▸ YOUR OBJECTIVE
Search the records that follow and extract every line containing the string "data".
▼
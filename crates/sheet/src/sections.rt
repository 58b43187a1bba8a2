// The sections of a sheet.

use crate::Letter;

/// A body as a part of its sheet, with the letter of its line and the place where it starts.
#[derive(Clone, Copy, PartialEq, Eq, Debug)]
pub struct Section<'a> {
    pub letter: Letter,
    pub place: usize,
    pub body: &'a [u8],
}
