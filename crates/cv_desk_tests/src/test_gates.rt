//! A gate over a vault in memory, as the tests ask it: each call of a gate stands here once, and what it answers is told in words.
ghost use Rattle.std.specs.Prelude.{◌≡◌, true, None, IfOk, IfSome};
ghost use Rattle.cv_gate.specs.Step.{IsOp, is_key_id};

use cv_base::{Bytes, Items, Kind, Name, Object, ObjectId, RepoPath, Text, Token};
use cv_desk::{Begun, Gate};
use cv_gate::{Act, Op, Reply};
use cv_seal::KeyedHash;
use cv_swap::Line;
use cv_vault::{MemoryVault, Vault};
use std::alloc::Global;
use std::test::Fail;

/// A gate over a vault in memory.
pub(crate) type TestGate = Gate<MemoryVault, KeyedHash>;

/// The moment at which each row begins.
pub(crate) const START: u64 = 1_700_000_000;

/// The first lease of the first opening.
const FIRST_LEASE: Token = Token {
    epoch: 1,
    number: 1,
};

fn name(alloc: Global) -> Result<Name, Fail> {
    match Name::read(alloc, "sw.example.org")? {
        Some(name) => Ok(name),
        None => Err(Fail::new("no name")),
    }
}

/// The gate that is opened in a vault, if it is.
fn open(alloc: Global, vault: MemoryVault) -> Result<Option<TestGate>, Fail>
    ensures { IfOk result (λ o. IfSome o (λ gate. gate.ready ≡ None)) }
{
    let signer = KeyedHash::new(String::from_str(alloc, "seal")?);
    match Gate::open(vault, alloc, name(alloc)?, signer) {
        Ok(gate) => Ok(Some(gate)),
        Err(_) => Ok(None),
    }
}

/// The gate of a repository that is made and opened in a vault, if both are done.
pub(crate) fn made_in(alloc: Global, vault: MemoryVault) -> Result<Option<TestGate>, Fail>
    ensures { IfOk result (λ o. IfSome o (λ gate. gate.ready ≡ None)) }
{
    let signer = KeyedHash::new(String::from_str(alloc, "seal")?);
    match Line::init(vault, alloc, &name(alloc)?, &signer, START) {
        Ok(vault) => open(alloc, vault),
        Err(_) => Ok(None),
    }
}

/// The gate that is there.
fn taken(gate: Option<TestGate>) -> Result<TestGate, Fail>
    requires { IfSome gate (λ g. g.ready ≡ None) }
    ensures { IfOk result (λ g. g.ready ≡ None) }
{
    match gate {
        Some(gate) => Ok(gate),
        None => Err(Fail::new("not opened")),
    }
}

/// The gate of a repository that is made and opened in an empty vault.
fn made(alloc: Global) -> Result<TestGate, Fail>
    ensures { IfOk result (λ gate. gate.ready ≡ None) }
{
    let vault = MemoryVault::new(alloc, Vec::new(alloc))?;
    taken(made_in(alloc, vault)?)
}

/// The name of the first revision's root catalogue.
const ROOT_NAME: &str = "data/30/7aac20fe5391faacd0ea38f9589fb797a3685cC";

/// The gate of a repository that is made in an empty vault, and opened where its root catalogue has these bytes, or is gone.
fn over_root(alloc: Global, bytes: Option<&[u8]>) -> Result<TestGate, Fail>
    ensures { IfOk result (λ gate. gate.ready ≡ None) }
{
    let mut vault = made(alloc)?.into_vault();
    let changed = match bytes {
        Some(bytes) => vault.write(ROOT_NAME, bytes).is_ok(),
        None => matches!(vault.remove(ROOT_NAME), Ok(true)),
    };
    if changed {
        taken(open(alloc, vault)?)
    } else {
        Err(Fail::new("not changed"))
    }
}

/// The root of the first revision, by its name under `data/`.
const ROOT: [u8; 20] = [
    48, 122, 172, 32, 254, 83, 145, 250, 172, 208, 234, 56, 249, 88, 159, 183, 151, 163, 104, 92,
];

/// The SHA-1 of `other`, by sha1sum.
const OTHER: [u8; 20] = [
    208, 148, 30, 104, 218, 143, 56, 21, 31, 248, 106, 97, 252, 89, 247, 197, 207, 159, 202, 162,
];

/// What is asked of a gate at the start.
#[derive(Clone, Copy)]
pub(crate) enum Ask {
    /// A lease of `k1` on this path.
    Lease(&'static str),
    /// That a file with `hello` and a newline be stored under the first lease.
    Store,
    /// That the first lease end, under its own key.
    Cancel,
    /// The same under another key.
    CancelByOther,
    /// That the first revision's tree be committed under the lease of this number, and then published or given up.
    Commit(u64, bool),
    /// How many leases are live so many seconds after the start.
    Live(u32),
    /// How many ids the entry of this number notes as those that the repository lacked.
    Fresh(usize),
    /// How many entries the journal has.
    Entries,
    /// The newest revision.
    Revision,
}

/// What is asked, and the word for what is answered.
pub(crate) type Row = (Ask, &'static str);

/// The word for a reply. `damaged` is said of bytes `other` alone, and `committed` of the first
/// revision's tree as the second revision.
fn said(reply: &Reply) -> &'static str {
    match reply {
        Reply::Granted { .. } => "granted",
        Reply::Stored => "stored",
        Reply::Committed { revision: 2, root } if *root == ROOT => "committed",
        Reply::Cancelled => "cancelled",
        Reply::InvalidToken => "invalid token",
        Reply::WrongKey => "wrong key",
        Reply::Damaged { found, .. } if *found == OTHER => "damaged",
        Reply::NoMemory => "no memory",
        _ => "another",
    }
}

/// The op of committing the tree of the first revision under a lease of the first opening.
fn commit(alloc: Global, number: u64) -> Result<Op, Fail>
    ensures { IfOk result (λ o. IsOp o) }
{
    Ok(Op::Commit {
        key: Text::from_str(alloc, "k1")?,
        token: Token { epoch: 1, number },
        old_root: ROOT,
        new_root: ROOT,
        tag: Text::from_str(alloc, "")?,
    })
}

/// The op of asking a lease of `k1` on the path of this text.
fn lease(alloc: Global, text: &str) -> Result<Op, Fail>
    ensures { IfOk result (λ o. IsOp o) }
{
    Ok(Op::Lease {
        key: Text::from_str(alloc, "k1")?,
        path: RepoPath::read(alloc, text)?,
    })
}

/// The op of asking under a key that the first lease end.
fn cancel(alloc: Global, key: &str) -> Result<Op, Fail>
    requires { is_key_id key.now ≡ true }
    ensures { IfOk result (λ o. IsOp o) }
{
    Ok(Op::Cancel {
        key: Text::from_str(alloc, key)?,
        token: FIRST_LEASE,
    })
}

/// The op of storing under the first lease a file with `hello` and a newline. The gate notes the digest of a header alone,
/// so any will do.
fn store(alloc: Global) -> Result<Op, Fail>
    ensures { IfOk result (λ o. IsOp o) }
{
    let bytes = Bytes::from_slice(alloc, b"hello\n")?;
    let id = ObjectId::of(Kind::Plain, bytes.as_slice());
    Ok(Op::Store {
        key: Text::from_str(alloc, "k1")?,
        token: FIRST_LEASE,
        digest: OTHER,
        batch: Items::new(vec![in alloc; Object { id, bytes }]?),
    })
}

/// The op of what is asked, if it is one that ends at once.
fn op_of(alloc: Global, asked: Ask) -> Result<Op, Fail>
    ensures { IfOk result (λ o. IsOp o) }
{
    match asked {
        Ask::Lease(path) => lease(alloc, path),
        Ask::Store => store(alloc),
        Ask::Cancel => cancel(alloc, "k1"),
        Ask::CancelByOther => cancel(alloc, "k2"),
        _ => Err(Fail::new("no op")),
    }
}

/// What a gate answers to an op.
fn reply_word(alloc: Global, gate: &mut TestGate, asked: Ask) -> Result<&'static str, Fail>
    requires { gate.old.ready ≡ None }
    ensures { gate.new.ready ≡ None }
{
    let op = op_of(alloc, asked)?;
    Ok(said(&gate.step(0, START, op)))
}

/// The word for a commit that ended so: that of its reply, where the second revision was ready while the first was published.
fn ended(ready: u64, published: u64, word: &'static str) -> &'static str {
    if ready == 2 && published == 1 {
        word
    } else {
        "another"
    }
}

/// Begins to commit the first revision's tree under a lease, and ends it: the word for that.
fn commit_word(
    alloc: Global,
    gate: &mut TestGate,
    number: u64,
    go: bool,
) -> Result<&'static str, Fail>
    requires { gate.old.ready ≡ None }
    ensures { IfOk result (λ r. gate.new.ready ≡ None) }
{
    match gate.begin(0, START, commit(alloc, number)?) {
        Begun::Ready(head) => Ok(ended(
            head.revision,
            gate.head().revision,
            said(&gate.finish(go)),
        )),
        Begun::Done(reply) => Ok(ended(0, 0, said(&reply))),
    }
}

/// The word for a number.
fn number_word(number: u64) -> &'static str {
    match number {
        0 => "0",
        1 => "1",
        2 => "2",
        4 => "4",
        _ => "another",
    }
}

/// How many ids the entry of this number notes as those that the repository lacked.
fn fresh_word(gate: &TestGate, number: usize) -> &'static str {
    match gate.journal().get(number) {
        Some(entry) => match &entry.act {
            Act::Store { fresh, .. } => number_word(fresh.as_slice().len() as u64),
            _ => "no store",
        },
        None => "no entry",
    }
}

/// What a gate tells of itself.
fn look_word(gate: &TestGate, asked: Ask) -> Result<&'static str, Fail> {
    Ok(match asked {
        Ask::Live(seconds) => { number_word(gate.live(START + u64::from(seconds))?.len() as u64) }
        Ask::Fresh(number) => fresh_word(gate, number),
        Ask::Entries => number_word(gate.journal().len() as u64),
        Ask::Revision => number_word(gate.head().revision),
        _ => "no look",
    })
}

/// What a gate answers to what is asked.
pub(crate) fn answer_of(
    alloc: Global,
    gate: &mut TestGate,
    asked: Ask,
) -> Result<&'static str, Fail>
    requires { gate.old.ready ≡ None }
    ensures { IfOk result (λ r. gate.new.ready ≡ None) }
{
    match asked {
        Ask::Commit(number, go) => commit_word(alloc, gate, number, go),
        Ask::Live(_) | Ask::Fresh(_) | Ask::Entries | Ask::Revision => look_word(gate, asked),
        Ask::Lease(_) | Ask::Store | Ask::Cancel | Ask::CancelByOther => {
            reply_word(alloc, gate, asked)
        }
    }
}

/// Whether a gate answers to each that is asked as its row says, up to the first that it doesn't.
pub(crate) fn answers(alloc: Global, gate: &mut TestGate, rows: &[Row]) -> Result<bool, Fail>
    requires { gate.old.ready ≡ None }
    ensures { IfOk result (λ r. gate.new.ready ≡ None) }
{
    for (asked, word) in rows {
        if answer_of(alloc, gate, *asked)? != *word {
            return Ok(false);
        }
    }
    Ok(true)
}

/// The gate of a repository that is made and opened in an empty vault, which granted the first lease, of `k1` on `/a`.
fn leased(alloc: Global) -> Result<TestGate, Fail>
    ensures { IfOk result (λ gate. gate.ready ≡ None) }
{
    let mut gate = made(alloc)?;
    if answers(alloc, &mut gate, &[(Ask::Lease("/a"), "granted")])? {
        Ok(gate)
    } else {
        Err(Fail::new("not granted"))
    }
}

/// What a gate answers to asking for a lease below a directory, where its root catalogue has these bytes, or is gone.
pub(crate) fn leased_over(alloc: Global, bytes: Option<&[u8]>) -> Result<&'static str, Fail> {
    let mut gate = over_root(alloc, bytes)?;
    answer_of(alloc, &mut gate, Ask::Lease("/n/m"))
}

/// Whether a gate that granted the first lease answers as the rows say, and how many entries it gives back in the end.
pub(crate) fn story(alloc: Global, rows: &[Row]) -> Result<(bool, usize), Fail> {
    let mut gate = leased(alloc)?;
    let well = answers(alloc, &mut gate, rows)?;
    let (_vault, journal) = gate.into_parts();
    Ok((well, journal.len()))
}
▲
▸ TASK SOLUTION
const ROOT_NAME: &str = "data/30/7aac20fe5391faacd0ea38f9589fb797a3685cC";
/// The root of the first revision, by its name under `data/`.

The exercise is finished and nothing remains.